Da Wikipedia, l'enciclopedia libera.
bussola Disambiguazione – Se stai cercando l'episodio della campagna di Mesopotamia della prima guerra mondiale, vedi Presa di Baghdad (1917).

Con l'espressione Presa di Baghdad ci si riferisce all'assedio, alla conquista ed al susseguente saccheggio della città di Baghdad, sede del califfato abbaside, ad opera delle truppe tatare del Khan Hulagu nel 1258.

Assedio di Baghdad

La città, uno dei principali centri culturali e politici della civiltà islamica, venne rasa al suolo, la sua grande biblioteca distrutta, la popolazione decimata, il Califfo ucciso.

L'assedio[modifica | modifica sorgente]

Nel 1257 il Gran Khan mongolo Möngke Khan decise d'imporre il suo solido controllo sull'Iraq, la Siria e la Persia. Inviò pertanto il fratello Hulegu in Persia, chiedendo che il califfo si recasse direttamente da Hulegu per incontralo e prendere disposizioni, consegnandogli truppe utili a prendere sotto controllo lo staterello ismailita costituito tra le giogaie persiane e che aveva nella cittadina di Alamut la sua capitale e la sua principale piazzaforte.
Mongke disse a Hulegu che, in caso di rifiuto del califfo, passasse all'uso della forza senza alcuna pietà e che distruggesse Baghdad. Hulegu coscrisse 1 guerriero ogni 10 in Mongolia, non sottostimando il potenziale difensivo dell'entità ismailita e della Città della Pace. La forza così levata viene stimata in circa 150.000 uomini armati, probabilmente la più potente mai organizzata fino ad allora dai Mongoli.

Miniatura persiana, particolare dell'assedio, da notare le macchine di assedio

Il califfo respinse le ingiunzioni mongole, avanzate mentre Hulegu era impegnato nell'operazione militare contro i Nizariti ismailiti di Alamut e delle cittadine che gli facevano da corona. Nel novembre del 1257, sotto il comando personale di Hulagu fu posto quindi l'assedio a Baghdad. I comandanti di questa operazione bellica includevano l'amministratore oirata Arghun Agha, Baiju dei Besud, Buqa-Temur degli Oirati, il generale cinese Guo Kan, il comandante jalayride Koke Ilge, Kitbuqa dei Naiman, Tutar e Quli dell'Orda d'oro e Sunitai dei Borjigin (dunque un fratello di Hulegu). L'esercito aveva un ampio contingente di diverse unità fornite da vassalli cristiani, i più importanti dei quali giorgiani, ansiosi di vendicare il saccheggio subito dalla loro capitale, Tiflis, avvenuta alcuni decenni prima da parte di Jalal al-Din Mankubirni del Khwārezmshāh.

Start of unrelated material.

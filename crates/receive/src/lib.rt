// The one-record call: what the first record of any byte string gets. Definitions and proofs only: in_place is the code that is stated by them.
#![tactic(auto)]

Altre forze cristiane che parteciparono all'assedio furono armene, comandate dal loro re, e alcune truppe franche (vale a dire del Principato normanno di Antiochia. Il testimone coevo dell'evento, Ata Malik Joveyni riferisce che parteciparono all'assedio circa 1.000 esperti artiglieri cinesi, Armeni, Georgiani, Persiani e Turchi di varia provenienza. I battaglioni di Hulegu, precedentemente sotto il comando di Barga Ambaghai fecero uso di frecce incendiarie durante l'invasione dell'Iraq. Un migliaio di genieri cinesi settentrionali organizzati in squadroni accompagnarono il Khan mongolo Hulegu durante tutta la sua conquista del Medio e Vicino Oriente. Si disse che "un migliaio di genieri cinesi prepararono catapulte, riuscendo a scagliare sostanze incendiarie" durante le invasioni di Hulagu dell'area (1253-1258).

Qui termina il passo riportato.